尽くしたいと思うのは、





くっとグラスの残りを飲み干す。ちらりと見やると、加地さんのグラスもほとんど中身が入っていない。



「加地さん、次はなにを頼みますか?」



一緒に注文しようと尋ねると、柔らかな表情を浮かべていた彼の眉間にしわが寄る。頭に軽くチョップを入れられ、わたしは目を丸くする。

どうしてそんな不機嫌そうな反応になっているの?



「そういうことはしなくていいから。
水瀬ちゃんこそなににする?」

「え? えっとじゃあまた同じので……」



戸惑いながら答えると、彼が注文を済ませてしまう。様子をうかがっていると、わたしと目をあわせた彼が「酔ってる時まで尽くすとかどうなってんの」とぼやく。

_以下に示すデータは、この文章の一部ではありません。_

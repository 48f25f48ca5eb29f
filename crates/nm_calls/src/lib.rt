//! Calls of a rank, given one after another by whoever drives it, with no list of commands to begin with.
//!
//! `Calls` are the commands that a rank was called with, as what gives it its commands (`nm_process::Source`): those
//! that ran, and one that is ahead, if there is one. `check_range` says of a command which of its arguments is out of
//! range.
//!
//! # What a contract sees
//! The calls that ran, in order, and among how many ranks they are in range (`CallsView`).
//! # What is proved
//! - The calls are those that were noted or put ahead, in order, each with its line; they are in range (`note`, `put`,
//!   `pass`, `line`).
//! - Commands of later lines change nothing of what was: a process that stands at its place in a run for some
//!   commands stands so for all others that have the same ones at the lines before (`laws`).
//! - A command is refused exactly where an argument is out of range (`check_range`).
#![tactic(auto)]

mod calls;
mod faults;
pub mod laws;

pub use calls::Calls;
pub use faults::{Fault, check_range};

真一文字に結ばれた唇が語る彼の気分に、思わずとくんと胸が高鳴る。



わたしが尽くすことに誰より反応する彼がいやだったはずなのに、今じゃそんなふうには見えない。



「気にかけてくれてありがとうございます」



隠しきれない笑みを向けて、届いたグラスを口に運ぶ。こんなに美味しいお酒はない。加地さんの優しさがこめられたこのお酒を超えるものなんて、ない。



「どうして水瀬ちゃんはそんなに尽くすたちなんだろうね」



ため息とともにおとされた言葉にうーん、と首をひねる。思い当たることは、実はひとつだけあるんだ。



「母がいなかったから、ですかね」

「……え?」



加地さんの混乱した声が耳に入る。

そりゃそうだよね。わたしのこの事情を知っている人なんて、今までにほとんどいなかった。賢治たち、昔付き合っていた人たちはみんな知らない。周りにいる人で知っているのは、真由くらいだ。



「実は小学生の時に母が病気で亡くなりまして。わたしは父に育ててもらったんです」



料理が上手でとても優しい人だった。当時7歳と幼くて、ほとんど母の記憶はないけど、わたしはとても好きだったことは覚えている。



母をとても愛していた父はとても悲しんでいたけど、わたしを大切に育ててくれた。食べさせるために働いて、その合間を縫って遊びに連れて行ってくれたり。

わたしはそんな父が大好きで、自分にできることがなにかないかと探した。そしてわたしは見つけたんだ。